Required action
Read through the lines below and copy the ones holding the string "true".

[Data supplied Boundary: Start]

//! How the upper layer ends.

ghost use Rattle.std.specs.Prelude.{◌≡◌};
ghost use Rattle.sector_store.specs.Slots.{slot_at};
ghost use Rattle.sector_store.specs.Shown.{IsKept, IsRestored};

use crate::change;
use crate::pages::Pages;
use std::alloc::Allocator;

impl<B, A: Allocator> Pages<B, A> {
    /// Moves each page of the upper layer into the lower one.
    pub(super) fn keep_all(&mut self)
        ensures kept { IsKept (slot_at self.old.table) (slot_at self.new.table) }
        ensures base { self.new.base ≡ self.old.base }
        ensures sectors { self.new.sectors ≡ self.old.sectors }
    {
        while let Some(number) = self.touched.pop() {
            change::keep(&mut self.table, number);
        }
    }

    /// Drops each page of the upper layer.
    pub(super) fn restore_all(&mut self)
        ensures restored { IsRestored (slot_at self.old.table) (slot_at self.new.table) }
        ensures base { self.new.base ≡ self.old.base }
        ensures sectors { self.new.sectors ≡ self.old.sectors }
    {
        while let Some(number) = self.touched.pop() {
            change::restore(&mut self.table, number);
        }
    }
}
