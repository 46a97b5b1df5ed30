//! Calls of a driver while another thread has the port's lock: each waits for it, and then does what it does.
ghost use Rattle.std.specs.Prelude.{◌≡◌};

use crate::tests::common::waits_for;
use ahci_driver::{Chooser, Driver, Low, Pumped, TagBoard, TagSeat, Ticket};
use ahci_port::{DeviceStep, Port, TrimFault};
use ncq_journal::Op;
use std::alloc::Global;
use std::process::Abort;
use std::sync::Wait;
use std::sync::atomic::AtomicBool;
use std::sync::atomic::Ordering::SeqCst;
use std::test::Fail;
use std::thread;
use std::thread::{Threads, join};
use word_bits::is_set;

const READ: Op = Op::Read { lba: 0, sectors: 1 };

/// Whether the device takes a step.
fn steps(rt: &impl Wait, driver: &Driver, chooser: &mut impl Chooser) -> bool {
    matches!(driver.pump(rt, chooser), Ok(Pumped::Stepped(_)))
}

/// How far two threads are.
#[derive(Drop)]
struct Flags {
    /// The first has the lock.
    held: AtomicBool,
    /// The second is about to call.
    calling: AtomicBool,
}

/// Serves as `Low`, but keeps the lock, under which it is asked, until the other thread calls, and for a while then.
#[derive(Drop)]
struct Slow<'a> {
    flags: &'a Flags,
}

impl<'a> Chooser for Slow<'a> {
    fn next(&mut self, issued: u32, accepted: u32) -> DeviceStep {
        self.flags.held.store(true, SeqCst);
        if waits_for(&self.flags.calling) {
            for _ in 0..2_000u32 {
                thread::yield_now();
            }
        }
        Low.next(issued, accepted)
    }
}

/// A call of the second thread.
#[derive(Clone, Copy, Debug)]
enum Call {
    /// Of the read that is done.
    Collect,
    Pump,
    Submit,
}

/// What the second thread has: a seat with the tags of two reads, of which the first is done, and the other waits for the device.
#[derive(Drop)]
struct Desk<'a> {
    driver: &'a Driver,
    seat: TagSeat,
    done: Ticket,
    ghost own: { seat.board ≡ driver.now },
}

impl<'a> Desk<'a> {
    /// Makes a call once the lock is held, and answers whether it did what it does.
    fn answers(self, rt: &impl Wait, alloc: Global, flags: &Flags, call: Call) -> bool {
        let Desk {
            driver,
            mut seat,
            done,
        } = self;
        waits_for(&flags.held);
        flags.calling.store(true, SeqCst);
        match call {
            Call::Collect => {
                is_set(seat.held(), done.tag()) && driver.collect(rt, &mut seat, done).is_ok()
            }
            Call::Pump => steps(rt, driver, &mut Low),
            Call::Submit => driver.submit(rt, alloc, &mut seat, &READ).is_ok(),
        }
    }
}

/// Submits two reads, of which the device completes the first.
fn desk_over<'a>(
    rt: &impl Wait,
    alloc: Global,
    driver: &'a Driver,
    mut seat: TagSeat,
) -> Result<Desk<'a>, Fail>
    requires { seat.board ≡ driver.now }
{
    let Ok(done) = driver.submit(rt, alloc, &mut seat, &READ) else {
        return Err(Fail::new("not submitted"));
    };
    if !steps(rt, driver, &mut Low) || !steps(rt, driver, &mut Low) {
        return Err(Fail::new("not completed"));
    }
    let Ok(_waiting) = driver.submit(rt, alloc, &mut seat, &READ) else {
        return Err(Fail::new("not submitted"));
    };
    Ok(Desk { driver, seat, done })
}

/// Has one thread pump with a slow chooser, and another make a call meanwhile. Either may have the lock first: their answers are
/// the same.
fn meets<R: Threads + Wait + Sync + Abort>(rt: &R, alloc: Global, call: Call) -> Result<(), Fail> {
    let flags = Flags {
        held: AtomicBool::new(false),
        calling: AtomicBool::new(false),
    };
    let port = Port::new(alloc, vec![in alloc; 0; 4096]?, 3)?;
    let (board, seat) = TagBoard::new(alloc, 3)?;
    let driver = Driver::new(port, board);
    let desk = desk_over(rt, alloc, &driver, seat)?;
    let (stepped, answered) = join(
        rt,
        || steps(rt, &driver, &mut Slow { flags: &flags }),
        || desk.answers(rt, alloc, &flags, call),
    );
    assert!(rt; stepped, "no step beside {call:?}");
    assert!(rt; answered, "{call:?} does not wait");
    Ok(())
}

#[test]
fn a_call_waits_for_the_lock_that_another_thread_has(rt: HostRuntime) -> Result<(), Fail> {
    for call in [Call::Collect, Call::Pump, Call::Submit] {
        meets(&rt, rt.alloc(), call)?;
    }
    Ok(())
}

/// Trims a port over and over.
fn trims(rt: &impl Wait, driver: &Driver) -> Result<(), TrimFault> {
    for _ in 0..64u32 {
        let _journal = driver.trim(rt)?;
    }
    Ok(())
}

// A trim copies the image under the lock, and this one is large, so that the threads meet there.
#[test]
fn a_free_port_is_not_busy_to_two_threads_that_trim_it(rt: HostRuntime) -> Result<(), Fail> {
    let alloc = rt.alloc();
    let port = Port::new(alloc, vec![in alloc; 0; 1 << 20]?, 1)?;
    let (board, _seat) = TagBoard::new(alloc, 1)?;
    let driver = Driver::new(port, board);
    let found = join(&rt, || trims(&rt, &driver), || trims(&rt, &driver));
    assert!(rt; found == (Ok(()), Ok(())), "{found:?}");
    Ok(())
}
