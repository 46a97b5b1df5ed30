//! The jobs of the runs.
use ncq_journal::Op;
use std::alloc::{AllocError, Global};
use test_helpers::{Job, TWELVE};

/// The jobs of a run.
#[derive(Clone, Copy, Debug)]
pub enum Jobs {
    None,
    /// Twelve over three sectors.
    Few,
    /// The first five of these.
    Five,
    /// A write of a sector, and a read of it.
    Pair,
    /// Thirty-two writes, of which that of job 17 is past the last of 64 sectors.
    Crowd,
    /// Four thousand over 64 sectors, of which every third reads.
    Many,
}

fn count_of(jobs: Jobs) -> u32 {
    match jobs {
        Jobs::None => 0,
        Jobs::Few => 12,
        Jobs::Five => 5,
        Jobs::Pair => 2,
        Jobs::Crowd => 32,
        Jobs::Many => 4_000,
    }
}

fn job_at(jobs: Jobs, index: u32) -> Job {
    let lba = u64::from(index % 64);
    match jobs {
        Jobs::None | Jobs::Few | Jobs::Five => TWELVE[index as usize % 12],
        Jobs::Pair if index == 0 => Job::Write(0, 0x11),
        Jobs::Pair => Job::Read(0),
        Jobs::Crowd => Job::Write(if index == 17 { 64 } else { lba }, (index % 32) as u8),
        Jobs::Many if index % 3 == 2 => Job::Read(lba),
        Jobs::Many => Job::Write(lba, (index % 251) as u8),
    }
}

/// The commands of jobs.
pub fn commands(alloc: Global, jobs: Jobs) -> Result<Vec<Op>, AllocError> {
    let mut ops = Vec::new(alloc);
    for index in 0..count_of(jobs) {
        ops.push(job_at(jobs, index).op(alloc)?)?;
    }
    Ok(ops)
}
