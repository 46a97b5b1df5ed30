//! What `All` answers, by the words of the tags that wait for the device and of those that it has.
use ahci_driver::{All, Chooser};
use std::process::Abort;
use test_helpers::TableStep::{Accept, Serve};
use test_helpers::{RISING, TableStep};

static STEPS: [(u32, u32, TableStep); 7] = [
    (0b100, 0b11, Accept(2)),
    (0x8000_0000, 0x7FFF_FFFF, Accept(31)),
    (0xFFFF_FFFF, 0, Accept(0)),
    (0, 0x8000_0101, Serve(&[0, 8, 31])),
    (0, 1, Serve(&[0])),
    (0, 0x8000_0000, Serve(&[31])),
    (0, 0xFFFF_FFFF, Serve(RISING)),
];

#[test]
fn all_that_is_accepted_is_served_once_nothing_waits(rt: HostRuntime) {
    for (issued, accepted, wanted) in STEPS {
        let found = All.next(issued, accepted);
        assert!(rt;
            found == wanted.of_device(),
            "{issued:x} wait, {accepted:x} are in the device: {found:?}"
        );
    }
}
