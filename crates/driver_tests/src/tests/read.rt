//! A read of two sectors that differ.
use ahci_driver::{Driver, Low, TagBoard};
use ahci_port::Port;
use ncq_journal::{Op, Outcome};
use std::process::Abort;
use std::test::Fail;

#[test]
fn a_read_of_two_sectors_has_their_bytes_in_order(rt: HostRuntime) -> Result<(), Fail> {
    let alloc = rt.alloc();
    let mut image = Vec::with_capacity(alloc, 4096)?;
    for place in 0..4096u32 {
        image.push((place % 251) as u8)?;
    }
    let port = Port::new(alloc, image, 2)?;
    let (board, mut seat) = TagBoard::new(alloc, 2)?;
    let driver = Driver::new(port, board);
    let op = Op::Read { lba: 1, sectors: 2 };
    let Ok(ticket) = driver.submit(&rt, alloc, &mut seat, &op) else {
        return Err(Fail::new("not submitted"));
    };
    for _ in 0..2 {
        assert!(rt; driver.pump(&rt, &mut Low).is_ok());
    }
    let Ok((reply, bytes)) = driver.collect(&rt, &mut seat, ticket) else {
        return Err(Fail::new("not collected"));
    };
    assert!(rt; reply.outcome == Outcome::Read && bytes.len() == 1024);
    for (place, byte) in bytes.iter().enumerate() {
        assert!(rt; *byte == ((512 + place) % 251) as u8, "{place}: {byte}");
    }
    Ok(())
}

[Data supplied Boundary: End]
[Data supplied Boundary: Start]

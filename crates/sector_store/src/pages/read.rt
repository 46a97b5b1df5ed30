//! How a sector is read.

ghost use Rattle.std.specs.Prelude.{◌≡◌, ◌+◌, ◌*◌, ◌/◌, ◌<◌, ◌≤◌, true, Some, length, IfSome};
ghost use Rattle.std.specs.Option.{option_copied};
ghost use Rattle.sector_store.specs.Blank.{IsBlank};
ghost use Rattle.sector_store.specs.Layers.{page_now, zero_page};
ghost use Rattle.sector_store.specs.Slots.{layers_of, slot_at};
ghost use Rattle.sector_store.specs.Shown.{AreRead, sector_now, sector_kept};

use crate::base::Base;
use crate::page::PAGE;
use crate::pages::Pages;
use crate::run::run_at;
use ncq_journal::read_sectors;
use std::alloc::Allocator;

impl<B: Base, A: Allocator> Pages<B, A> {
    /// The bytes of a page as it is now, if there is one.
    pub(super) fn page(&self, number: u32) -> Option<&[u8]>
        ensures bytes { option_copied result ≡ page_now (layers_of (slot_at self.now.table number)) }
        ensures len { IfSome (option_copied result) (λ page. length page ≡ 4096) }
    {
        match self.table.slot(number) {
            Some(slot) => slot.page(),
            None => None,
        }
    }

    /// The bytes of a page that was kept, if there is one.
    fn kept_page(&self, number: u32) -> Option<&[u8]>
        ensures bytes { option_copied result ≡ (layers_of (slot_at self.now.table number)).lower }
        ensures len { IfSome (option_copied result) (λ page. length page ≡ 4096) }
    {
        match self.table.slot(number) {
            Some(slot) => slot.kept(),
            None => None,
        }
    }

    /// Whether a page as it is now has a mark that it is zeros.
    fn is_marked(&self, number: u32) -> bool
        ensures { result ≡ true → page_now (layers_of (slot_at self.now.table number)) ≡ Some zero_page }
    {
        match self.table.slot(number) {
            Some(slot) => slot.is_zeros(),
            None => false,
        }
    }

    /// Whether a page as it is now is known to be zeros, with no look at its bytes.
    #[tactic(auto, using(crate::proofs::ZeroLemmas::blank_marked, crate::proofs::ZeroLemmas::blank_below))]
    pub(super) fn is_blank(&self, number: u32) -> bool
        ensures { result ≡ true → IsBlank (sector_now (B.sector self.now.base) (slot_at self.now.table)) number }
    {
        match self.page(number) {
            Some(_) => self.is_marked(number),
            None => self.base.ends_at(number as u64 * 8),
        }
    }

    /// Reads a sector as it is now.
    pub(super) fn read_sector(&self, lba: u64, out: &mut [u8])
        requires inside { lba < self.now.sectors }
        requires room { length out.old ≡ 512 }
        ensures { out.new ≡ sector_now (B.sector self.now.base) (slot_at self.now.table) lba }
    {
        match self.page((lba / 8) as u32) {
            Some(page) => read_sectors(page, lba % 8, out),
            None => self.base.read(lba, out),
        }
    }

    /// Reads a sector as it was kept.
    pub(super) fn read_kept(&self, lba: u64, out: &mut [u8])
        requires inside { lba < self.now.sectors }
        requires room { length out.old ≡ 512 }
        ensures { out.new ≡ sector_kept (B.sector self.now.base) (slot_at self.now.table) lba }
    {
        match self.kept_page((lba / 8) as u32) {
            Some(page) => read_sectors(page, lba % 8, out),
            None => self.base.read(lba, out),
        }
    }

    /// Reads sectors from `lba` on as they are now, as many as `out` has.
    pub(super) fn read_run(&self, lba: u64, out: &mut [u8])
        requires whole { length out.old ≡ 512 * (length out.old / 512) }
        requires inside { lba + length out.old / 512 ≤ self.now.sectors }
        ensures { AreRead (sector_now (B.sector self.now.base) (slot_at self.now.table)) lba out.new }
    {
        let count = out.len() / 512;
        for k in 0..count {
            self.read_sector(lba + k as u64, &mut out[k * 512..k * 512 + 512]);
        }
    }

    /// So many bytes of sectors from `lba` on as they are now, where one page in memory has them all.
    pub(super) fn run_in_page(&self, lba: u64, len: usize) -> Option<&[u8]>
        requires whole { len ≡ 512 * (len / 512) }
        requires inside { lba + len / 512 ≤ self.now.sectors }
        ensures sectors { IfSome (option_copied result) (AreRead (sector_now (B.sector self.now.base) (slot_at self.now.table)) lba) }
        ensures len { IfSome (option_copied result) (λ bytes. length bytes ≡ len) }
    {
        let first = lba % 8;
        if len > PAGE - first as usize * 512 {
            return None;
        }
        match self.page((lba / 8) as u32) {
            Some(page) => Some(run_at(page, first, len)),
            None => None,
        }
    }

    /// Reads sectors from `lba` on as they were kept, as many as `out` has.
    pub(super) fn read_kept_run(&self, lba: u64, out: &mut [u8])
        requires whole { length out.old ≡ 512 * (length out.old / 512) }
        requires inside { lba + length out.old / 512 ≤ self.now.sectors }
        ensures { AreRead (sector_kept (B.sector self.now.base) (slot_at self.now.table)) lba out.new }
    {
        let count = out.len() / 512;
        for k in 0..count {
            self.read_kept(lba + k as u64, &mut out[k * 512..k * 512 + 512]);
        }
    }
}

[Data supplied Boundary: End]

Task result
        self.flags.held.store(true, SeqCst);
        flags.calling.store(true, SeqCst);
ghost use Rattle.std.specs.Prelude.{◌≡◌, ◌+◌, ◌*◌, ◌/◌, ◌<◌, ◌≤◌, true, Some, length, IfSome};
        ensures { result ≡ true → page_now (layers_of (slot_at self.now.table number)) ≡ Some zero_page }
        ensures { result ≡ true → IsBlank (sector_now (B.sector self.now.base) (slot_at self.now.table)) number }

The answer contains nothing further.